Galectin-3 is a unique chimeric β-galactoside binding protein of the galectin family, which is involved in fibrosis development in NASH patients [136]. In galectin-3 deficient mice with a high-fat diet, it was found that liver steatosis, liver injury, and liver fibrosis were significantly improved compared to wild-type mice [137]. GR-MD-02, a galectin-3 inhibitor, is one of the few drugs developed from the laboratory to clinical trials. GR-MD-02 has been shown to alleviate liver fibrosis associated with persistent liver injuries in the treatment of NASH patients with advanced fibrosis and is expected to be used as an anti-fibrosis drug to treat NAFLD [138,139].

5. Discussion

There are currently no FDA approved medications for the treatment of NAFLD/NASH. Current management for NAFLD includes diet and lifestyle modifications for achieving weight loss, management of underlying metabolic risk factors, and pharmacological strategies, where there is evidence of NASH or of advanced fibrosis [169]. However, it is difficult to achieve long-term compliance to dietary restriction, unless cardiovascular comorbidities are present. Several medications, such as pioglitazone, obeticholic acid, and vitamin E, remain the strategy for disease management in patients with NAFLD [170]. However, it is only effective in part of the patients, suggesting that additional treatments are still urgently needed, and that subgroups may be present in NAFLD, responding differently to various treatment strategies.

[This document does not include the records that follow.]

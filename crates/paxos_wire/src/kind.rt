ghost use Rattle.std.specs.Prelude.{◌≡◌, false, MatchOption};
ghost use Rattle.paxos_wire.specs.Kinds.{kind_byte};
ghost use Rattle.paxos_wire.specs.Spelling.{kind};
ghost use Rattle.paxos_wire.specs.Faults.{is_kind};

use crate::message::Message;

/// The kinds of messages, each with the byte that tells it in a frame.
#[derive(Clone, Copy)]
pub(crate) enum Kind {
    Prepare = 1,
    Promise = 2,
    Refuse = 3,
    Accept = 4,
    Accepted = 5,
    Chosen = 6,
    Ask = 7,
    Forward = 8,
}

impl Kind {
    /// The kind that a byte tells; `None` for every byte but 1 to 8.
    pub(crate) fn of_byte(byte: u8) -> Option<Kind>
        ensures { MatchOption result (is_kind byte ≡ false) (λ kind. kind_byte kind ≡ byte) }
    {
        match byte {
            1 => Some(Kind::Prepare),
            2 => Some(Kind::Promise),
            3 => Some(Kind::Refuse),
            4 => Some(Kind::Accept),
            5 => Some(Kind::Accepted),
            6 => Some(Kind::Chosen),
            7 => Some(Kind::Ask),
            8 => Some(Kind::Forward),
            _ => None,
        }
    }

    /// The kind of a message.
    pub(crate) fn of_message(message: &Message) -> Kind
        ensures { kind_byte result ≡ kind message.now }
    {
        match message {
            Message::Prepare { .. } => Kind::Prepare,
            Message::Promise { .. } => Kind::Promise,
            Message::Refuse { .. } => Kind::Refuse,
            Message::Accept { .. } => Kind::Accept,
            Message::Accepted { .. } => Kind::Accepted,
            Message::Chosen { .. } => Kind::Chosen,
            Message::Ask { .. } => Kind::Ask,
            Message::Forward { .. } => Kind::Forward,
        }
    }

    /// The byte that tells it.
    pub(crate) fn byte(self) -> u8
        ensures { result ≡ kind_byte self }
    {
        self as u8
    }
}
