//! What nodes say to each other, byte for byte: ballots, commands and messages, the one frame that is written of each
//! message, and the messages of a stream of frames, however it is cut into pieces. Frames of the version before are read
//! too; `Version` tells the two apart.
//!
//! A `Message` is written by `encode` and read by `decode`, into a `MessageRoom` of the reader's, from which it borrows its
//! entries or commands; a stream of frames is read by a `Feed`, which takes pieces by `feed` and gives messages by `next`,
//! or at once by `read_stream`, as messages that own their frames. Ballots, slots and commands of a record are written and
//! read by calls of their own. Calls with `reserved` in their name take no memory; `frame_len` and `command_len` say how
//! much room they want.
//!
//! What is said:
//!
//! - `limits`: the ranges of all numbers, and the most bytes of each text.
//! - `version`: the two versions of frames and records, by their byte.
//! - `kind`: the eight kinds of messages, by their byte.
//! - `ballot`: ballots, and which of two is below the other.
//! - `entry`, `entries`: what was accepted at a slot, and what a Promise tells of, owned or borrowed.
//! - `command_list`: commands for slots that follow one another, owned or borrowed.
//! - `message`: the messages; `message_room`: where the lists of one that is read stand; `kept_message`: one that is kept.
//! - `node_set`: which nodes said something, and whether more than half of all did.
//! - `fault`: why bytes are no frame, 50 to 54, the first in the order that `specs/Faults.antt` states.
//!
//! Its bytes (`docs/FORMATS.md` has them all in a table), from the smallest text to the largest, each file on those before
//! it:
//!
//! - `count_bytes`: how many bytes commands, entries and messages take.
//! - `read_numbers`, `write_numbers`: numbers, slots and ballots.
//! - `read_command_bytes`, `write_command_bytes`: commands, with their deals and actions.
//! - `read_entries`, `write_entries`: the entries of a Promise.
//! - `read_messages`, `write_messages`: the fields of messages.
//! - `read_frames`, `write_frames`: whole frames.
//! - `read_records`, `write_records`: ballots, slots and commands by themselves, as records of a journal have them.
//! - `feed`: a stream that comes in pieces; `read_streams`: a whole one. A stream at fault tells its fault from then on.
//!
//! And `print_messages`: how a message prints; `laws`: that frames read back, are told apart and are short.
//!
//! The test `frames_read_and_write_alike` of `rule_tests` goes from messages to frames and back, `a_stream_in_pieces`
//! through a feed.
#![tactic(auto)]

mod ballot;
mod command_list;
mod count_bytes;
mod entries;
mod entry;
mod fault;
mod feed;
mod kept_message;
mod kind;
mod laws;
pub mod limits;
mod message;
mod message_room;
mod node_set;
mod print_messages;
mod read_command_bytes;
mod read_entries;
mod read_frames;
mod read_messages;
mod read_numbers;
mod read_records;
mod read_streams;
mod version;
mod write_command_bytes;
mod write_entries;
mod write_frames;
mod write_messages;
mod write_numbers;
mod write_records;

pub use ballot::Ballot;
pub use command_list::{CommandList, Commands};
pub use count_bytes::{command_len, frame_len};
pub use entries::{Entries, ToldEntries};
pub use entry::Entry;
pub use fault::FrameFault;
pub use feed::Feed;
pub use kept_message::KeptMessage;
pub use laws::{
    frames_are_short, frames_are_told_apart, frames_read_back, old_frames_read_back,
    readings_have_commands,
};
pub use message::Message;
pub use message_room::MessageRoom;
pub use node_set::NodeSet;
pub use read_frames::decode;
pub use read_records::{read_ballot, read_command, read_commands, read_slot};
pub use read_streams::read_stream;
pub use version::Version;
pub use write_command_bytes::command_bytes;
pub use write_frames::{encode, encode_reserved};
pub use write_numbers::{ballot_bytes, push_all, slot_bytes};
pub use write_records::{
    write_ballot, write_ballot_reserved, write_command, write_command_reserved,
};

Thus, a combination of medications was required for addressing different aspects of particular NAFLD phenotype. In this paper, the latest upcoming pharmacological targets for this disease were reviewed, highlighting in detail the most novel treatment strategies, as well as currently marketed drugs. Meanwhile, the progress on the pathogenesis of NAFLD was well described, such as gut–liver axis, which may lead to many novel therapies targeting gut dysbiosis in the future.

6. Conclusions

Recently, significant progress has been made in understanding the pathogenesis of NAFLD and the subsequent development of drugs against the disease [171]. NAFLD may be caused by genetic susceptibility, diet, intestinal microbes, and other factors. It begins with excessive fat production in the liver that results in the accumulation of a large amount of fat, leading to liver cell degeneration, inflammation, and a fibrotic process involving interactions among many proteins [172]. Several drugs have been shown to alleviate NAFLD by acting on these proteins. Some drugs target various aspects of NAFLD, such as lipogenesis and steatosis. Therefore, additional in-depth studies are needed to develop comprehensive and effective drugs, which can comprehensively prevent lipotoxicity, steatosis, oxidative stress, inflammation, and hepatocyte apoptosis.